Stuart, Jack and Leo are colleagues working in a plant. Stuart and Jack can do a work in 10 days, Jack and Leo can do the same work in 15 days while Stuart and Leo can do it in 12 days. All of them started the work together. After two days, Leo was shifted to some other work. How many days will Stuart and Jack take to finish the rest of the work?

• A. 9
• B. 12
• C. 8
• D. 7.5

Answer 1

The Correct Option is D

To solve this problem, let's denote the work done by Stuart, Jack, and Leo per day as \( S \), \( J \), and \( L \) respectively. We have three equations based on the given information:

• Stuart and Jack: \( S + J = \frac{1}{10} \)
• Jack and Leo: \( J + L = \frac{1}{15} \)
• Stuart and Leo: \( S + L = \frac{1}{12} \)

We want to find the combined work rate of Stuart and Jack to compute how long they take to finish the remaining work. First, add the three equations:

\((S + J) + (J + L) + (S + L) = \frac{1}{10} + \frac{1}{15} + \frac{1}{12}\)

Which simplifies to:

\(2S + 2J + 2L = \frac{1}{10} + \frac{1}{15} + \frac{1}{12}\)

Combine like terms:

\(2(S + J + L) = \frac{1}{10} + \frac{1}{15} + \frac{1}{12}\)
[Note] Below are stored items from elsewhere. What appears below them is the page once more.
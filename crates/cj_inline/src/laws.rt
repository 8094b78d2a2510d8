//! Laws of the pass. Their proofs are all that these functions have.

ghost use Rattle.std.specs.Prelude.{◌≡◌, Some, None};
ghost use Rattle.cj_ir.specs.declared.language.Label.{Label};
ghost use Rattle.cj_ir.specs.declared.language.Program.{Program};
ghost use Rattle.cj_draft.specs.declared.code.Code.{Code};
ghost use Rattle.cj_draft.specs.declared.passes.Skipped.TheVariants.{NotCall};
ghost use Rattle.cj_inline.specs.Inlining.{inline_offence, IsAfter};

/// A code has one code after a callee is inlined.
pub fn inlining_is_unique()
    ensures { (P : Program) (code : Code) (call : Label) (callee one other : Code) →
        IsAfter P code call callee one → IsAfter P code call callee other → one ≡ other }
{}

/// Where no condition is against it, the call is gone afterwards: nothing is inlined at its label again.
pub fn call_is_inlined_once()
    ensures { (P : Program) (code callee made again : Code) (call : Label) →
        inline_offence code call callee ≡ None → IsAfter P code call callee made →
        inline_offence made call again ≡ Some (NotCall call) }
{}
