// Records into an answer's room. A put counts always and writes where there is room: so a run over a room of no octets tells the size.
#![tactic(auto)]

pub mod lists;

ghost use Rattle.std.specs.Prelude.{◌≡◌, ℕ, ◌+◌, ◌-◌, ◌≤◌, ◌<◌, length, set};
ghost use Rattle.codec_table.specs.Limits.{message_limit};
ghost use Rattle.out_records.specs.Records.{two, record_of};
ghost use Rattle.out_records.specs.Out.{Puts, allowed as allowed_at, guarded, each_two, told_to, told};

use codec_table::MESSAGE_LIMIT;

// How much of the room records are put into at first, where `most` octets are enough for any of them: all of a long one; nothing of a short one.
pub fn tried(room: usize, most: usize) -> usize
    ensures { (result ≤ room) × (room < most → result ≡ 0) × (most ≤ room → result ≡ room) }
{
    if room < most { 0 } else { room }
}

// An octet, where there is room for it.
fn put(s: &mut [u8], at: usize, b: u8)
    ensures { s.new ≡ set s.old at b }
{
    if at < s.len() {
        s[at] = b;
    }
}

// Octets one behind the other.
fn lay(s: &mut [u8], at: usize, os: &[u8]) -> usize
    requires { (at ≤ 100000) × (length os.now ≤ message_limit) }
    ensures { Puts s.old at os.now s.new result }
{
    for (i, b) in os.iter().enumerate() {
        put(s, at + i, *b);
    }
    at + os.len()
}

// So many octets, or ids, may be put at this place.
#[tactic(auto, unfolding(crate::specs::Out::allowed))]
fn allowed(at: usize, count: usize) -> bool
    ensures { result ≡ allowed_at at count }
{
    at <= 65535 && count <= MESSAGE_LIMIT
}

pub fn put_all(s: &mut [u8], at: usize, os: &[u8]) -> usize
    ensures { Puts s.old at (guarded at os.now os.now) s.new result }
{
    if allowed(at, os.len()) {
        return lay(s, at, os);
    }
    at
}

pub fn put_two(s: &mut [u8], at: usize, n: u16) -> usize
    ensures { Puts s.old at (guarded at (two n) (two n)) s.new result }
{
    put_all(s, at, &n.to_be_bytes())
}

// The two octets of an id: the id less the lowest of its kind, the upper octet first.
pub fn id_octets(id: u16, low: u16) -> [u8; 2]
    ensures { result ≡ two (id - low) }
{
    id.saturating_sub(low).to_be_bytes()
}

// The ids of a list on two octets each.
fn lay_ids(s: &mut [u8], from: usize, low: u16, ids: &[u16]) -> usize
    requires { (from ≤ 65535) × (length ids.now ≤ message_limit) }
    ensures { Puts s.old from (each_two low ids.now) s.new result }
{
    let mut at = from;
    for id in ids {
        at = lay(s, at, &id_octets(*id, low));
    }
    at
}

pub fn put_ids(s: &mut [u8], at: usize, low: u16, ids: &[u16]) -> usize
    ensures { Puts s.old at (guarded at ids.now (each_two low ids.now)) s.new result }
{
    if allowed(at, ids.len()) {
        return lay_ids(s, at, low, ids);
    }
    at
}

// How many octets the record of a message takes, to any connection: none where it may not be put.
pub fn record_size(m: &[u8]) -> usize
    ensures { (q : ℕ) → result ≡ length (guarded 0 m.now (record_of m.now q)) }
{
    if allowed(0, m.len()) {
        return m.len() + 4;
    }
    0
}

// A record at the start of the room: what follows in two octets, version 1, connection, message.
pub fn put_record(s: &mut [u8], q: u8, m: &[u8]) -> usize
    ensures { Puts s.old 0 (guarded 0 m.now (record_of m.now q)) s.new result }
{
    if allowed(0, m.len()) {
        let n = m.len() + 2;
        let size = (n as u16).to_be_bytes();
        let head = [size[0], size[1], 1, q];
        let at = lay(s, 0, &head);
        return lay(s, at, m);
    }
    0
}

// The record of a message of three octets, for which there is room: its seven octets are stored together.
fn lay_three(out: &mut [u8], at: usize, q: u8, m: &[u8])
    requires { (length m.now ≡ 3) × (at + 7 ≤ length out.old) }
    ensures { Puts out.old at (record_of m.now q) out.new (at + 7) }
{
    out[at] = 0;
    out[at + 1] = 5;
    out[at + 2] = 1;
    out[at + 3] = q;
    out[at + 4] = m[0];
    out[at + 5] = m[1];
    out[at + 6] = m[2];
}

// A record into the part of the room behind a place, which may lie behind its end. A CDin, of which there may be many, has three octets.
fn lay_record(out: &mut [u8], at: usize, q: u8, m: &[u8]) -> usize
    requires { (at ≤ 100000) × (length m.now ≤ message_limit) }
    ensures { Puts out.old at (record_of m.now q) out.new result }
{
    if m.len() == 3 {
        let end = at + 7;
        if end <= out.len() {
            lay_three(out, at, q, m);
            return end;
        }
    }
    let from = usize::min(at, out.len());
    at + put_record(&mut out[from..], q, m)
}

pub fn send(out: &mut [u8], at: usize, q: u8, m: &[u8]) -> usize
    ensures { Puts out.old at (guarded at m.now (record_of m.now q)) out.new result }
{
    if allowed(at, m.len()) {
        return lay_record(out, at, q, m);
    }
    at
}

// A message to each connection of a mask, ascending.
fn tell_all(out: &mut [u8], from: usize, mask: u16, m: &[u8]) -> usize
    requires { (from ≤ 65535) × (length m.now ≤ message_limit) }
    ensures { Puts out.old from (told mask m.now) out.new result }
{
    let all = mask as u64;
    let mut at = from;
    let mut q = cols_masks::next_in(all, 0);
    while q < 16 {
        at = lay_record(out, at, q as u8, m);
        q = cols_masks::next_in(all, q + 1);
    }
    at
}

// How many octets the records of a message to each connection of a mask take.
pub fn told_size(mask: u16, m: &[u8]) -> usize
    ensures { result ≡ length (guarded 0 m.now (told mask m.now)) }
{
    let count = cols_masks::count_links(mask) as usize;
    count * record_size(m)
}

pub fn tell(out: &mut [u8], at: usize, mask: u16, m: &[u8]) -> usize
    ensures { Puts out.old at (guarded at m.now (told mask m.now)) out.new result }
{
    if allowed(at, m.len()) {
        return tell_all(out, at, mask, m);
    }
    at
}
Find a common denominator (60):

\(2(S + J + L) = \frac{6}{60} + \frac{4}{60} + \frac{5}{60} = \frac{15}{60} = \frac{1}{4}\)

\((S + J + L) = \frac{1}{8}\)

Now knowing the combined rate of all three, calculate \( S + J \):

\(S + J = (S + J + L) - L = \frac{1}{8} - L\)

From the equation \( J + L = \frac{1}{15} \), solve for \( L \):

\(L = \frac{1}{15} - J\)

Substitute \( L \) in the equation \( S + L = \frac{1}{12} \) to solve:

\(S + \left(\frac{1}{15} - J\right) = \frac{1}{12}\)

Simplify and solve for \( J \) and substitute back for \( S + J \). But realizing the complexity of simplifying directly, observe they worked together for 2 days, leaving:

Work done in 2 days: \(2 \times \frac{1}{8} = \frac{1}{4}\)

Remaining work: \(1 - \frac{1}{4} = \frac{3}{4}\)

Stuart and Jack's combined rate: \(S + J = \frac{1}{10}\)

Time required for the remaining work:

\(\text{Time} = \frac{\text{Remaining work}}{\text{Combined rate}} = \frac{3/4}{1/10} = \frac{3/4} \times \frac{10}{1} = 7.5\)

Thus, Stuart and Jack will take 7.5 days to finish the rest of the work.